● Your instructions
Reproduce the lines of the listing exactly, beginning at the top, until the line with "use thiserror::Error;" has been reproduced too.

● The data
****************
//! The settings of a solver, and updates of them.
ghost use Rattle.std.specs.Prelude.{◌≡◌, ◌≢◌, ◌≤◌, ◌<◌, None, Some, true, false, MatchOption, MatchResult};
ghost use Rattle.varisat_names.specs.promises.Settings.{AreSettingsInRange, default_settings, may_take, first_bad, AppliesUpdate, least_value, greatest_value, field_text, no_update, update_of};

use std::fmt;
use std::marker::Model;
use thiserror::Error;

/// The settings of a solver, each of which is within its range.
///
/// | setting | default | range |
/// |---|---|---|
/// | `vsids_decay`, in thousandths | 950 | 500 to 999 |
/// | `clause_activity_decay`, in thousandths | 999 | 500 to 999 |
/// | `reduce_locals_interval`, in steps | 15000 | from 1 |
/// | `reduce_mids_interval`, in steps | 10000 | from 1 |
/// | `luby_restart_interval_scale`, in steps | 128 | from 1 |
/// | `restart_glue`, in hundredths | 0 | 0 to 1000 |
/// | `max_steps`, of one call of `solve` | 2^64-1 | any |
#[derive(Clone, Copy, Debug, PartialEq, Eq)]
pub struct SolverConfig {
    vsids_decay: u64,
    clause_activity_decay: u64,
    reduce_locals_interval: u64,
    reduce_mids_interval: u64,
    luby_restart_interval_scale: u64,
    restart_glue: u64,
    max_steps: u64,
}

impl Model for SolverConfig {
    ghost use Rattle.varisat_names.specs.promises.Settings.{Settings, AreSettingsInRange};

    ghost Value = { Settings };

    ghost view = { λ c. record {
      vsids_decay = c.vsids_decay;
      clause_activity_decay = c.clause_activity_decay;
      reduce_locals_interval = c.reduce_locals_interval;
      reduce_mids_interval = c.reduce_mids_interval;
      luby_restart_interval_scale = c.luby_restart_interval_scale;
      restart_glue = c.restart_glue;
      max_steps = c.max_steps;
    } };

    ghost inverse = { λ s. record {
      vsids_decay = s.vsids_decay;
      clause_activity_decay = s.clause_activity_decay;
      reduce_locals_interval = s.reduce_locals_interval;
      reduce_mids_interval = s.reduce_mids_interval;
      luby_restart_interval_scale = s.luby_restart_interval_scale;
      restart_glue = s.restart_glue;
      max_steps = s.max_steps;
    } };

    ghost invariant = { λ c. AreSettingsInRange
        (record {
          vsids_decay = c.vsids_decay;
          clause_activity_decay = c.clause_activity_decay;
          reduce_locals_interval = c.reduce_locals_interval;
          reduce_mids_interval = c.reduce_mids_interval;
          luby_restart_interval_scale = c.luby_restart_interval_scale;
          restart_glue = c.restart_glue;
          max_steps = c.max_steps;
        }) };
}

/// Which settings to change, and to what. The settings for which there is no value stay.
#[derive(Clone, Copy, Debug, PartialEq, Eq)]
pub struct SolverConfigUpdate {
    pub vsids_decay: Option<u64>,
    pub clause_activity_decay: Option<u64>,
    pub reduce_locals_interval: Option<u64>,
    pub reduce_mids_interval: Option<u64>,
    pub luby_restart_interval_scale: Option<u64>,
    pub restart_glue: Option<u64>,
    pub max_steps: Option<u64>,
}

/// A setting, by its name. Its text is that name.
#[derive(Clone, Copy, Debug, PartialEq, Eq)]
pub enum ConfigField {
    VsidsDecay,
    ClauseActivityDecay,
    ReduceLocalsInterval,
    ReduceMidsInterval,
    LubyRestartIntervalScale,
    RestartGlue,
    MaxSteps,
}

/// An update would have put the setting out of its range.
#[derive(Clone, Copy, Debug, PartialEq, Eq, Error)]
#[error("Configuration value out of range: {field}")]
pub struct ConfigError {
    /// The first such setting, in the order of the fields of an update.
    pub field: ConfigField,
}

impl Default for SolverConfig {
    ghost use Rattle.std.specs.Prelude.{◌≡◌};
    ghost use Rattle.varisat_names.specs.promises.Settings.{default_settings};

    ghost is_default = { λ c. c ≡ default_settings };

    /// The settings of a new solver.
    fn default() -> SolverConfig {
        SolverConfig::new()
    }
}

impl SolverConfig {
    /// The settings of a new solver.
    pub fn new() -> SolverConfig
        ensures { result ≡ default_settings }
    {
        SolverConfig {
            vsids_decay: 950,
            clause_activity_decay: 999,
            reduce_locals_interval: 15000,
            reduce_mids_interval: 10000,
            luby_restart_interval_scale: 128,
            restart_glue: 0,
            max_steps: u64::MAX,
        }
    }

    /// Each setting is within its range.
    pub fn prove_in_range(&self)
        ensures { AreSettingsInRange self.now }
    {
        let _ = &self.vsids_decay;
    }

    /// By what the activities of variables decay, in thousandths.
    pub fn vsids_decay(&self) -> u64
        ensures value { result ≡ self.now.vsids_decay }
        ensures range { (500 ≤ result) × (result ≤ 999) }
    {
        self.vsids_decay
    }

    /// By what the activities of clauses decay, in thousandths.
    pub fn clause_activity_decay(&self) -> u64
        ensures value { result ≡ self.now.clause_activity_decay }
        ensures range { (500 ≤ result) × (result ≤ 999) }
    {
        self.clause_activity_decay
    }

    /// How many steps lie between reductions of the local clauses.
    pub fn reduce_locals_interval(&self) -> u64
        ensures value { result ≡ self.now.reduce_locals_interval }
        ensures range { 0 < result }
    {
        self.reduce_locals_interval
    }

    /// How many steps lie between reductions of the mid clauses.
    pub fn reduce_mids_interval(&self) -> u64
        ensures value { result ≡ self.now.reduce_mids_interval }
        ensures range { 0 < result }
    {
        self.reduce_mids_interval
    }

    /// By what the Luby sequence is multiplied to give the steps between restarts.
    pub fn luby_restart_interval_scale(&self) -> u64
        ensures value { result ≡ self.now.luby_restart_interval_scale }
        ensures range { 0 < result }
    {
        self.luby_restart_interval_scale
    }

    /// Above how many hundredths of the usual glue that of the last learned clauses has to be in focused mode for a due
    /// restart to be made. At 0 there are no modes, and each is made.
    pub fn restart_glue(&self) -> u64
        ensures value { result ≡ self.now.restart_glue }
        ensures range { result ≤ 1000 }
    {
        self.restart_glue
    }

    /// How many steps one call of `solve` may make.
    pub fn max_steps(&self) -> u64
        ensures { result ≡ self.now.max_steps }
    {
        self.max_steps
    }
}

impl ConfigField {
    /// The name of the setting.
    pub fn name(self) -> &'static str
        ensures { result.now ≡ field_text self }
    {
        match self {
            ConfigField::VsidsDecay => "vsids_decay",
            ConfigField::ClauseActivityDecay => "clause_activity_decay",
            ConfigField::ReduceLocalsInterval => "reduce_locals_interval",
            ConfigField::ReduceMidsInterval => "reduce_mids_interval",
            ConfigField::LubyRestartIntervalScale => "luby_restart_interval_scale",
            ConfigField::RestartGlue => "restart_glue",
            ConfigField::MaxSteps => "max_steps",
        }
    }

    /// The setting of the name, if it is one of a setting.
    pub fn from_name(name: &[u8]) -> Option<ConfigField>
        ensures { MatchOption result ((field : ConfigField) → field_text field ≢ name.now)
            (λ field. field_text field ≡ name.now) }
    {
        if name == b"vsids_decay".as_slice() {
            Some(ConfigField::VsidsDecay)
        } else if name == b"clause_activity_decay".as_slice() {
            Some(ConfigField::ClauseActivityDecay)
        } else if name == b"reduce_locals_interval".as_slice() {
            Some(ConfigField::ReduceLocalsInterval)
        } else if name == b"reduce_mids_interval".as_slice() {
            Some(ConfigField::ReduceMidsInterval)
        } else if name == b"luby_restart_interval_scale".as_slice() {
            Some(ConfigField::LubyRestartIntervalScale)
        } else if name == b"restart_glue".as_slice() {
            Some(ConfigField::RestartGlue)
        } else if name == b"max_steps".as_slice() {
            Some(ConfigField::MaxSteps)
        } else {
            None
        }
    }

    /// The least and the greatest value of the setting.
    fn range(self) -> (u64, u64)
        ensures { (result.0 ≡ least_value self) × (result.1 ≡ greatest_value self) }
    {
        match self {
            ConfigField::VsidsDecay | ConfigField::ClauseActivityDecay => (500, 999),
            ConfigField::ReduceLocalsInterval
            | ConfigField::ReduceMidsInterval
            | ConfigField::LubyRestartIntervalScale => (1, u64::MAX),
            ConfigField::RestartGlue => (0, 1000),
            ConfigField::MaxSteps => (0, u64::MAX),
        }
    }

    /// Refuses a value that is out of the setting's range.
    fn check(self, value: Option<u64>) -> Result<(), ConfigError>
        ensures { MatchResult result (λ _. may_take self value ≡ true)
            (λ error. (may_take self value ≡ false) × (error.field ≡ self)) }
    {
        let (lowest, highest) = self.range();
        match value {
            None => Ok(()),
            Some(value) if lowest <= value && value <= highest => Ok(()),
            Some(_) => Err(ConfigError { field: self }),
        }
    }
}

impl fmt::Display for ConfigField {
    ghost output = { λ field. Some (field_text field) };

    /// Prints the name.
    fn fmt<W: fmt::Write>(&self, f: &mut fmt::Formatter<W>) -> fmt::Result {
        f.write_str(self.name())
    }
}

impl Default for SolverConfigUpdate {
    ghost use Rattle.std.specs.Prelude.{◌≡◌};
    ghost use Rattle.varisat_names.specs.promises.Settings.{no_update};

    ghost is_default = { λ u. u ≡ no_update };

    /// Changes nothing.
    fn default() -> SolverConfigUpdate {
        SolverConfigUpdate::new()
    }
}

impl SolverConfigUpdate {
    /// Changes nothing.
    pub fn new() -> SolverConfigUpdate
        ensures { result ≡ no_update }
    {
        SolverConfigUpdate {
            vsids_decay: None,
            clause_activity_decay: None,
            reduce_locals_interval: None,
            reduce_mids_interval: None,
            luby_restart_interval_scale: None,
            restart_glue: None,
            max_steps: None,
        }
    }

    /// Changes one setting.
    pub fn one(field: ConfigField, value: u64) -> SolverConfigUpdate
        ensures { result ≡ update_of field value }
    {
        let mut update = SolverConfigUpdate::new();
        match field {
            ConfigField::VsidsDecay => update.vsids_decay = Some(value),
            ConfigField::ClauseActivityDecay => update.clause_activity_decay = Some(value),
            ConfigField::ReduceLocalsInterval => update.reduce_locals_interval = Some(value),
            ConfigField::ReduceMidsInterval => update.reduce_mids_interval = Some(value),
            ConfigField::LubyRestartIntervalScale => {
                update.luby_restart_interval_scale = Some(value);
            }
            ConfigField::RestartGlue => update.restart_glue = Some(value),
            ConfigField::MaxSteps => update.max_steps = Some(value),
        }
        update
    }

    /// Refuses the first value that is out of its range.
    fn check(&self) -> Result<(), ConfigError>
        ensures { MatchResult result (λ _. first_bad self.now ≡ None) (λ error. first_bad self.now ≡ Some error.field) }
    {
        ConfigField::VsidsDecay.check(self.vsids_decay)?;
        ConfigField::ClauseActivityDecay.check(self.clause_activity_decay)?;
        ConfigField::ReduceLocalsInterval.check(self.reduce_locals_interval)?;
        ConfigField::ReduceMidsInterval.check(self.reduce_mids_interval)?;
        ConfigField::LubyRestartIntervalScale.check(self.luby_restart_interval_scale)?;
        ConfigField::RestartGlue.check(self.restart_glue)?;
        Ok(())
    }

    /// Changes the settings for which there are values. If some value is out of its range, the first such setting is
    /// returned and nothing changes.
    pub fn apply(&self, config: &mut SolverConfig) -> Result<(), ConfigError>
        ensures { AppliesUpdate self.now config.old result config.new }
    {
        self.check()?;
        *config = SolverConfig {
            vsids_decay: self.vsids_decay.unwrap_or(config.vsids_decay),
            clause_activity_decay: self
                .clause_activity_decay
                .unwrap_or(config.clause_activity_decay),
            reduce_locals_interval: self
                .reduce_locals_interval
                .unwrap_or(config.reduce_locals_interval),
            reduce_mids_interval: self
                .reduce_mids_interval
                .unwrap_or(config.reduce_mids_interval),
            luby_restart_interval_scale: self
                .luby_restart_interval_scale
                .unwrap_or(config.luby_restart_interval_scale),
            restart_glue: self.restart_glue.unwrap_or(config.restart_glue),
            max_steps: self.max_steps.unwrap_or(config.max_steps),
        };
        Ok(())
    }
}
****************
● Answer to this exercise
//! The settings of a solver, and updates of them.
ghost use Rattle.std.specs.Prelude.{◌≡◌, ◌≢◌, ◌≤◌, ◌<◌, None, Some, true, false, MatchOption, MatchResult};
ghost use Rattle.varisat_names.specs.promises.Settings.{AreSettingsInRange, default_settings, may_take, first_bad, AppliesUpdate, least_value, greatest_value, field_text, no_update, update_of};

use std::fmt;
use std::marker::Model;
use thiserror::Error;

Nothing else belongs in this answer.